··· Records
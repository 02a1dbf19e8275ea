// A layout's block of 320 words: read into the struct, written from it, and checked. The draft and the layout in
// force are such blocks.
#![tactic(auto)]

ghost use Rattle.std.specs.Prelude.{◌≡◌, [], ◌+◌, ◌-◌, ◌≤◌, ◌<◌, length};
ghost use Rattle.model.specs.Numbers.{MAX_KINDS};
ghost use Rattle.words.specs.Offsets.{BLOCK_LEN, GROUP_PLACES};
ghost use Rattle.words.specs.Decides.{Decides};
ghost use Rattle.layout.specs.Layout.{AritiesRising, arrays_in};
ghost use Rattle.layout.specs.ByValue.{Formed};
ghost use Rattle.layout_block.specs.Blocks.{BlockFormed, ReadFrom, WrittenTo, FetchAsk, Fetched, PutAt};
ghost use Rattle.layout_block.specs.Checks.{BlockSound, KindsOk, FamilyInside, FamiliesFormed, EndsAsk};

use layout::group_layout::Layout;
use layout::starts::start_of;
use words::{ARITIES, BLOCK_LEN, ENDS, KIND_ENDS};

// Copies words that are bytes to the front of an array.
fn fetch(dst: &mut [u8], src: &[u32])
    requires { FetchAsk dst.old src.now }
    ensures { Fetched dst.old src.now dst.new }
{
    for (i, &word) in src.iter().enumerate() {
        dst[i] = word as u8;
    }
}

// Copies bytes into words from a place on.
fn put(dst: &mut [u32], at: usize, src: &[u8])
    requires { at + length src.now ≤ length dst.old }
    ensures { PutAt dst.old at src.now dst.new }
{
    for (i, &byte) in src.iter().enumerate() {
        dst[at + i] = u32::from(byte);
    }
}

/// The layout of a well-formed block.
pub fn read_layout(block: &[u32], families: usize, groups: usize) -> Layout
    requires { BlockFormed block.now families groups }
    ensures { ReadFrom block.now families groups result }
{
    let width = start_of(&block[KIND_ENDS..ENDS], 0, families);
    let mut kinds = [0u8; model::MAX_KINDS];
    fetch(&mut kinds, &block[..width]);
    let groups_end = ARITIES + groups;
    let mut arities = [0u8; words::GROUP_PLACES];
    fetch(&mut arities, &block[ARITIES..groups_end]);
    let kinds_end = KIND_ENDS + families;
    let mut kind_ends = [0u8; words::GROUP_PLACES];
    fetch(&mut kind_ends, &block[KIND_ENDS..kinds_end]);
    let ends_end = ENDS + families;
    let mut ends = [0u8; words::GROUP_PLACES];
    fetch(&mut ends, &block[ENDS..ends_end]);
    Layout {
        kinds,
        arities,
        kind_ends,
        ends,
        families,
        width,
        groups,
    }
}

/// Writes a layout into a block.
pub fn write_layout(block: &mut [u32], l: Layout)
    requires { Formed l × (length block.old ≡ BLOCK_LEN) }
    ensures { WrittenTo l block.new }
{
    put(block, 0, &l.kinds[..l.width]);
    put(block, ARITIES, &l.arities[..l.groups]);
    put(block, KIND_ENDS, &l.kind_ends[..l.families]);
    put(block, ENDS, &l.ends[..l.families]);
}

// Do the arities rise strictly, from 2 or more to n?
fn rises(arities: &[u32], n: usize) -> bool
    ensures { Decides result (AritiesRising 1 n arities.now) }
{
    let mut before: usize = 1;
    for &arity in arities {
        let a = arity as usize;
        if a <= before {
            return false;
        }
        before = a;
    }
    before == n
}

// Is there a family of the kinds from one place to another, and of the groups?
fn family_ok(
    arities: &[u32],
    kind_start: usize,
    kind_end: usize,
    group_start: usize,
    group_end: usize,
) -> bool
    requires { (length arities.now ≡ GROUP_PLACES) × (kind_start ≤ MAX_KINDS) }
    ensures { Decides result (FamilyInside arities.now kind_start kind_end group_start group_end) }
{
    kind_start + 2 <= kind_end
        && kind_end <= kind_start + model::MAX_GROUP_ARITY
        && kind_end <= model::MAX_KINDS
        && group_start < group_end
        && group_end <= model::MAX_GROUP_COUNT
        && rises(&arities[group_start..group_end], kind_end - kind_start)
}

// Are there families up to each of the ends?
fn families_ok<'a>(
    arities: &'a [u32],
    kind_ends: &'a [u32],
    ends: &'a [u32],
    families: usize,
) -> bool
    requires { EndsAsk arities.now kind_ends.now ends.now families }
    ensures { Decides result (FamiliesFormed (arrays_in [] arities.now kind_ends.now ends.now families)) }
{
    let mut kind_start: usize = 0;
    let mut group_start: usize = 0;
    for f in 0..families {
        let kind_end = kind_ends[f] as usize;
        let group_end = ends[f] as usize;
        if !family_ok(arities, kind_start, kind_end, group_start, group_end) {
            return false;
        }
        kind_start = kind_end;
        group_start = group_end;
    }
    true
}

/// Are the kinds registered, and none there twice? A table of what was seen saves the scan.
pub fn kinds_ok(kinds: &[u32], table: &[u32]) -> bool
    requires { length table.now ≡ MAX_KINDS }
    ensures { Decides result (KindsOk table.now kinds.now) }
{
    let mut seen = [false; model::MAX_KINDS];
    for &kind in kinds {
        let k = kind as usize;
        if model::MAX_KINDS <= k || seen[k] || table[k] == words::UNREGISTERED {
            return false;
        }
        seen[k] = true;
    }
    true
}

/// Is the block such as commands can build, of registered kinds?
pub fn block_ok(block: &[u32], families: usize, groups: usize, table: &[u32]) -> bool
    requires { (length block.now ≡ BLOCK_LEN) × (length table.now ≡ MAX_KINDS) }
    ensures { Decides result (BlockSound block.now table.now families groups) }
{
    let arities = &block[ARITIES..KIND_ENDS];
    let kind_ends = &block[KIND_ENDS..ENDS];
    let ends = &block[ENDS..BLOCK_LEN];
    if model::MAX_GROUP_COUNT < families || !families_ok(arities, kind_ends, ends, families) {
        return false;
    }
    let width = start_of(kind_ends, 0, families);
    start_of(ends, 0, families) == groups && kinds_ok(&block[..width], table)
}
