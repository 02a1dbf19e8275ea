// The entries over words that are known to hold a sound store, for a caller that holds them. Each asks that they are sound, tests nothing, and promises what
// the entry of its name does.
ghost use Rattle.memory.specs.Arranged.{Sound};
ghost use Rattle.store.specs.Entries.{Runs, ColumnNumbered, Rolls};
ghost use Rattle.store.specs.Linked.{ColumnPlaced, ColumnCopied};
ghost use Rattle.store_c.specs.Exported.{as_ran};

use crate::ExportedRan;
use store::{Reply, Rolled};

#[unsafe(no_mangle)]
pub extern "C" fn yirbarn_held_run(words: &mut [u32], tape: &[u8], out: &mut [u8]) -> ExportedRan
    requires { Sound words.old }
    ensures { Runs words.old words.new tape.now out.old out.new (as_ran result) }
{
    ExportedRan::from(store::held::run(words, tape, out))
}

#[unsafe(no_mangle)]
pub extern "C" fn yirbarn_held_column_number(
    words: &[u32],
    kind: u8,
    values: bool,
    start: usize,
    end: usize,
) -> u8
    requires { Sound words.now }
    ensures { ColumnNumbered words.now kind start end result }
{
    crate::number_of(store::held::column_number(words, kind, values, start, end))
}

#[unsafe(no_mangle)]
pub extern "C" fn yirbarn_held_column_at(
    words: &[u32],
    kind: u8,
    values: bool,
    start: usize,
    end: usize,
) -> usize
    requires { Sound words.now }
    ensures { ColumnPlaced words.now values kind start end result }
{
    store::held::column_at(words, kind, values, start, end)
}

#[unsafe(no_mangle)]
pub extern "C" fn yirbarn_held_column(
    words: &[u32],
    kind: u8,
    values: bool,
    start: usize,
    end: usize,
    out: &mut [u32],
) -> Reply
    requires { Sound words.now }
    ensures { ColumnCopied words.now out.old out.new values kind start end result }
{
    store::held::copy_column(words, kind, values, start, end, out)
}

#[unsafe(no_mangle)]
pub extern "C" fn yirbarn_held_roll(words: &[u32], out: &mut [u8]) -> Rolled
    requires { Sound words.now }
    ensures { Rolls words.now out.old out.new result }
{
    store::roll_sound(words, out)
}
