// An answer that a cache keeps.
use header::cell::{Axis, Cell};

// The longest path and the longest share.
pub use header::lengths::{PATH_ROOM, SHARE_ROOM};

// How many answers a cache keeps.
pub(crate) const PLACES: usize = 8;

// The cell that was asked for, and the evidence that was shown there. There is no heap: share and path have the room of the longest
// ones, and as many bytes count as the block's have.
#[derive(Clone, Copy)]
pub struct Kept {
    pub cell: Cell,
    pub axis: Axis,
    pub share: [u8; SHARE_ROOM],
    pub path: [u8; PATH_ROOM],
}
······
To do:
Tally how many lines of the records hold the word "that". Answer with the number only.

Completed exercise:
4